YOUR ASSIGNMENT
Within the entries below, find every line that has the string "crates", then copy it.

▬▬▬▬▬▬▬▬▬▬

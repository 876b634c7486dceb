//! Steps from their text.
ghost use Rattle.std.specs.Prelude.{MatchResult};
ghost use Rattle.std.specs.List.{All};
ghost use Rattle.refutation_text.specs.Texts.{move_text, literal_text, step_text, AreSteps, IsMove, IsLiteral, IsStep, IsTextFault, NoSteps};
ghost use Rattle.refutation_text.specs.inner.Parts.{listed, reasons_text, AreReasons, IsAt, NoneAt};

use crate::parts::{last_at, literal_at, move_at};
use refutation::{Literal, Move, Reason, Step};
use std::alloc::Global;

/// Why there are no steps.
#[derive(Clone, Copy, PartialEq, Eq)]
pub enum TextFault {
    NotSteps,
    NoMemory,
}

/// The literals up to `; `, and what comes behind it.
fn clause_at(alloc: Global, text: &[u8]) -> Result<(Vec<Literal>, &[u8]), TextFault>
    ensures { MatchResult result (λ p. IsAt (listed literal_text) (All IsLiteral) text.now p.0.items p.1.now) (IsTextFault (NoneAt (listed literal_text) (All IsLiteral) text.now)) }
{
    let mut literals = Vec::new(alloc);
    let mut rest = text;
    while !rest.starts_with(b"; ") {
        let Some(next) = literal_at(rest) else {
            return Err(TextFault::NotSteps);
        };
        let Ok(()) = literals.push(next.0) else {
            return Err(TextFault::NoMemory);
        };
        rest = next.1;
    }
    Ok((literals, &rest[2..]))
}

/// The moves up to `; `, and what comes behind it.
fn moves_at(alloc: Global, text: &[u8]) -> Result<(Vec<Move>, &[u8]), TextFault>
    ensures { MatchResult result (λ p. IsAt (listed move_text) (All IsMove) text.now p.0.items p.1.now) (IsTextFault (NoneAt (listed move_text) (All IsMove) text.now)) }
{
    let mut list = Vec::new(alloc);
    let mut rest = text;
    while !rest.starts_with(b"; ") {
        let Some(next) = move_at(rest) else {
            return Err(TextFault::NotSteps);
        };
        let Ok(()) = list.push(next.0) else {
            return Err(TextFault::NoMemory);
        };
        rest = next.1;
    }
    Ok((list, &rest[2..]))
}

/// The moves, the last reason, and what comes behind them.
fn reasons_at(alloc: Global, text: &[u8]) -> Result<((Vec<Move>, Reason), &[u8]), TextFault>
    ensures { MatchResult result (λ p. IsAt reasons_text AreReasons text.now (p.0.0.items, p.0.1) p.1.now) (IsTextFault (NoneAt reasons_text AreReasons text.now)) }
{
    let list = moves_at(alloc, text)?;
    match last_at(list.1) {
        Some(last) => Ok(((list.0, last.0), last.1)),
        None => Err(TextFault::NotSteps),
    }
}

fn step_at(alloc: Global, text: &[u8]) -> Result<(Step, &[u8]), TextFault>
    ensures { MatchResult result (λ p. IsAt step_text IsStep text.now p.0 p.1.now) (IsTextFault (NoneAt step_text IsStep text.now)) }
{
    let Some(behind) = text.strip_prefix(b" ( ") else {
        return Err(TextFault::NotSteps);
    };
    let clause = clause_at(alloc, behind)?;
    let reasons = reasons_at(alloc, clause.1)?;
    Ok((Step::new(clause.0, reasons.0.0, reasons.0.1), reasons.1))
}

/// The steps whose text the bytes are; `NotSteps` exactly where they are the text of none.
pub fn read_steps(alloc: Global, bytes: &[u8]) -> Result<Vec<Step>, TextFault>
    ensures { MatchResult result (λ steps. AreSteps bytes.now steps.items) (IsTextFault (NoSteps bytes.now)) }
{
    let mut steps = Vec::new(alloc);
    let mut rest = bytes;
    while !rest.is_empty() {
        let next = step_at(alloc, rest)?;
        let Ok(()) = steps.push(next.0) else {
            return Err(TextFault::NoMemory);
        };
        rest = next.1;
    }
    Ok(steps)
}
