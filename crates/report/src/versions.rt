//! The versions of a report's text, and the first line of each.
ghost use Rattle.std.specs.Prelude.{◌≡◌, ◌≢◌, ◌++◌, ◌↔◌, ℕ, List, IsTrue, MatchOption};
ghost use Rattle.report.specs.declared.versions.Version.{Version as Kept};
ghost use Rattle.report.specs.inner.Versions.{version_line, version_of};

use crate::hold_lines::HoldLines;
use crate::pieces::behind;

/// The fourth is written where detections are counted, else the third where some fault wasn't asked for, else the second where an input is held.
#[derive(Clone, Copy, PartialEq, Eq)]
pub(crate) enum Version {
    First,
    Second,
    Third,
    Fourth,
}

impl Version {
    /// The first line.
    pub(crate) fn line(self) -> &'static [u8]
        ensures { result.now ≡ version_line self }
    {
        match self {
            Version::First => b"atpg report 1\n",
            Version::Second => b"atpg report 2\n",
            Version::Third => b"atpg report 3\n",
            Version::Fourth => b"atpg report 4\n",
        }
    }

    /// Whether it is the version of such a report.
    pub(crate) fn is_of(self, most: u64, unasked: u64, holds: &HoldLines) -> bool
        ensures { IsTrue result ↔ self ≡ version_of most unasked holds.now }
    {
        self == version_of(most, unasked, holds)
    }
}

/// The version of a report where detections are counted to this most, so many faults weren't asked for and these inputs are held.
pub(crate) fn version_of(most: u64, unasked: u64, holds: &HoldLines) -> Version
    ensures { result ≡ version_of most unasked holds.now }
{
    if most > 0 {
        Version::Fourth
    } else if unasked > 0 {
        Version::Third
    } else if holds.len() > 0 {
        Version::Second
    } else {
        Version::First
    }
}

/// The version that the first line tells, and what stands behind that line.
pub(crate) fn version_in(text: &[u8]) -> Option<(Version, &[u8])>
    ensures { MatchOption result ((version : Kept) (rest : List ℕ) → text.now ≢ version_line version ++ rest) (λ p. text.now ≡ version_line p.0 ++ p.1.now) }
{
    if let Some(rest) = behind(Version::First.line(), text) {
        return Some((Version::First, rest));
    }
    if let Some(rest) = behind(Version::Second.line(), text) {
        return Some((Version::Second, rest));
    }
    if let Some(rest) = behind(Version::Third.line(), text) {
        return Some((Version::Third, rest));
    }
    let rest = behind(Version::Fourth.line(), text)?;
    Some((Version::Fourth, rest))
}
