//! The steps of a refutation as text, both ways: on one line, each step behind a blank, as `( 5:0110 ; ~ 7:1000 =7 ; ! )`.
//!
//! Gives: `push_steps`, `read_steps`.
//! Proved: `push_steps`: the one text of these steps; `read_steps` exactly; no two lists of steps have one text.
//! Neither: time.
#![tactic(auto)]

mod laws;
mod parts;
mod reading;
mod writing;

pub use laws::one_text;
pub use reading::{TextFault, read_steps};
pub use writing::push_steps;
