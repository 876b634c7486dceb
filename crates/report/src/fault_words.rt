//! The line of a fault, word by word.
ghost use Rattle.std.specs.Prelude.{◌≡◌, ◌≢◌, ◌<◌, ◌^◌, ◌++◌, ◌∷◌, ◌↔◌, ℕ, List, IsTrue, MatchOption, codes, decimal};
ghost use Rattle.statement.specs.Reports.{Line, outcome_text};
ghost use Rattle.report.specs.declared.models.FaultModel.TheVariants.{StuckAt, Transition};
ghost use Rattle.report.specs.Reports.{IsLineBy, IsOutcome, IsBenchWord};
ghost use Rattle.statement.specs.declared.outcomes.Outcome.{Outcome};
ghost use Rattle.report.specs.inner.Faults.{EndsAt, NamedBegins, PinBegins, FaultBegins};
ghost use Rattle.report.specs.inner.Lines.{fault_words};

use crate::fault_lines::FaultLine;
use crate::models::FaultModel;
use crate::pieces::{before_value, behind, behind_slow, is_word};
use plain_text::{number, split_at};
use statement::Outcome;

/// Of `x/0 rest` what stands before the value, `x`, and behind it.
fn before_stuck(text: &[u8]) -> Option<(&[u8], &[u8])>
    ensures { MatchOption result ((front rest : List ℕ) → EndsAt StuckAt text.now front rest → ⊥) (λ p. EndsAt StuckAt text.now p.0.now p.1.now) }
{
    let (word, rest) = split_at(text, b' ')?;
    let front = before_value(word)?;
    Some((front, rest))
}

/// Of `x rise rest` what stands before the word, `x`, and behind it.
fn before_slow(text: &[u8]) -> Option<(&[u8], &[u8])>
    ensures { MatchOption result ((front rest : List ℕ) → EndsAt Transition text.now front rest → ⊥) (λ p. EndsAt Transition text.now p.0.now p.1.now) }
{
    let (front, after) = split_at(text, b' ')?;
    let rest = behind_slow(after)?;
    Some((front, rest))
}

/// What stands before the end of a fault's text, and behind it.
fn before_end(model: FaultModel, text: &[u8]) -> Option<(&[u8], &[u8])>
    ensures { MatchOption result ((front rest : List ℕ) → EndsAt model text.now front rest → ⊥) (λ p. EndsAt model text.now p.0.now p.1.now) }
{
    match model {
        FaultModel::StuckAt => before_stuck(text),
        FaultModel::Transition => before_slow(text),
    }
}

/// What stands behind a name and the end of a fault's text.
fn behind_named(model: FaultModel, text: &[u8]) -> Option<&[u8]>
    ensures { MatchOption result ((rest : List ℕ) → NamedBegins model text.now rest → ⊥) (λ rest. NamedBegins model text.now rest.now) }
{
    let (name, rest) = before_end(model, text)?;
    if is_word(name) { Some(rest) } else { None }
}

/// What stands behind a name, a place and the end of a fault's text.
fn behind_pin(model: FaultModel, text: &[u8]) -> Option<&[u8]>
    ensures { MatchOption result ((rest : List ℕ) → PinBegins model text.now rest → ⊥) (λ rest. PinBegins model text.now rest.now) }
{
    let (name, after) = split_at(text, b' ')?;
    if !is_word(name) {
        return None;
    }
    let (digits, rest) = before_end(model, after)?;
    let _place = number(digits)?;
    Some(rest)
}

/// What stands behind a fault's text, which is passed over and not looked up.
fn behind_fault(model: FaultModel, line: &[u8]) -> Option<&[u8]>
    ensures { MatchOption result ((rest : List ℕ) → FaultBegins model line.now rest → ⊥) (λ rest. FaultBegins model line.now rest.now) }
{
    if let Some(text) = behind(b"stem ", line) {
        return behind_named(model, text);
    }
    if let Some(text) = behind(b"out ", line) {
        return behind_named(model, text);
    }
    if let Some(text) = behind(b"pin ", line) {
        return behind_pin(model, text);
    }
    None
}

/// `1 1 y`
fn place_in(text: &[u8]) -> Option<(u64, u64, &[u8])>
    ensures { MatchOption result
        ((pattern cycle : ℕ) (pin : List ℕ) → pattern < 2 ^ 64 → cycle < 2 ^ 64 → IsBenchWord pin → text.now ≢ decimal pattern ++ 32 ∷ (decimal cycle ++ 32 ∷ pin))
        (λ p. (p.0 < 2 ^ 64) × (p.1 < 2 ^ 64) × IsBenchWord p.2.now × (text.now ≡ decimal p.0 ++ 32 ∷ (decimal p.1 ++ 32 ∷ p.2.now))) }
{
    let (first, after) = split_at(text, b' ')?;
    let (second, pin) = split_at(after, b' ')?;
    let pattern = number(first)?;
    let cycle = number(second)?;
    if is_word(pin) {
        Some((pattern, cycle, pin))
    } else {
        None
    }
}

/// What came of a fault, and the pin, behind the blank.
fn outcome_in(text: &[u8]) -> Option<(Outcome, &[u8])>
    ensures { MatchOption result
        ((outcome : Outcome) (pin : List ℕ) → IsOutcome outcome pin → 32 ∷ text.now ≢ outcome_text outcome pin)
        (λ p. IsOutcome p.0 p.1.now × (32 ∷ text.now ≡ outcome_text p.0 p.1.now)) }
{
    if text == b"redundant".as_slice() {
        return Some((Outcome::Redundant, b""));
    }
    if text == b"aborted".as_slice() {
        return Some((Outcome::Aborted, b""));
    }
    if text == b"unasked".as_slice() {
        return Some((Outcome::Unasked, b""));
    }
    let place = behind(b"detected ", text)?;
    let (pattern, cycle, pin) = place_in(place)?;
    Some((Outcome::Detected(pattern, cycle), pin))
}

/// A line's fault, what came of it and the pin.
pub(crate) fn fault_in(model: FaultModel, line: &[u8]) -> Option<FaultLine<'_>>
    ensures { MatchOption result
        ((l : Line) → IsLineBy model l → line.now ≢ fault_words l)
        (λ f. IsLineBy model (record { fault = f.fault.now; outcome = f.outcome; pin = f.pin.now }) × (line.now ≡ fault_words (record { fault = f.fault.now; outcome = f.outcome; pin = f.pin.now }))) }
{
    let rest = behind_fault(model, line)?;
    let (outcome, pin) = outcome_in(rest)?;
    Some(FaultLine {
        fault: &line[..line.len() - rest.len() - 1],
        outcome,
        pin,
    })
}
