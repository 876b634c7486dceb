//! Reports.
ghost use Rattle.std.specs.Prelude.{◌≡◌};
ghost use Rattle.report.specs.Reports.{IsReport};

use crate::counts::ReportCounts;
use crate::fault_lines::FaultLines;
use crate::hold_lines::HoldLines;
use crate::times::Times;
use std::marker::Model;

/// The counts, coverage and efficiency in hundredths of a percent, how often faults are detected, the inputs that are held, and a line for each fault.
#[derive(Drop)]
pub struct Report {
    counts: ReportCounts,
    coverage: u128,
    efficiency: u128,
    times: Times,
    holds: HoldLines,
    lines: FaultLines,
}

impl Model for Report {
    ghost use Rattle.report.specs.Reports.{Report, IsReport};

    ghost Value = { Report };

    ghost view = { λ r. record { counts = r.counts; coverage = r.coverage; efficiency = r.efficiency; times = r.times; holds = r.holds; lines = r.lines } };

    ghost invariant = { λ r. IsReport (record { counts = r.counts; coverage = r.coverage; efficiency = r.efficiency; times = r.times; holds = r.holds; lines = r.lines }) };
}

impl Report {
    pub fn new(
        counts: ReportCounts,
        coverage: u128,
        efficiency: u128,
        times: Times,
        holds: HoldLines,
        lines: FaultLines,
    ) -> Report
        requires { IsReport (record { counts = counts; coverage = coverage; efficiency = efficiency; times = times; holds = holds; lines = lines }) }
        ensures { result ≡ record { counts = counts; coverage = coverage; efficiency = efficiency; times = times; holds = holds; lines = lines } }
    {
        Report {
            counts,
            coverage,
            efficiency,
            times,
            holds,
            lines,
        }
    }

    /// What every report is.
    pub fn sound(&self)
        ensures { IsReport self.now }
    {
        let _ = &self.counts;
    }

    pub fn counts(&self) -> ReportCounts
        ensures { result ≡ self.now.counts }
    {
        self.counts
    }

    pub fn coverage(&self) -> u128
        ensures { result ≡ self.now.coverage }
    {
        self.coverage
    }

    pub fn efficiency(&self) -> u128
        ensures { result ≡ self.now.efficiency }
    {
        self.efficiency
    }

    pub fn times(&self) -> &Times
        ensures { result.now ≡ self.now.times }
    {
        &self.times
    }

    pub fn holds(&self) -> &HoldLines
        ensures { result.now ≡ self.now.holds }
    {
        &self.holds
    }

    pub fn lines(&self) -> &FaultLines
        ensures { result.now ≡ self.now.lines }
    {
        &self.lines
    }
}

▬▬▬▬▬▬▬▬▬▬

SOLUTION FOR THIS EXERCISE
filename crates/report/src/versions.rt
filename crates/report/src/fault_words.rt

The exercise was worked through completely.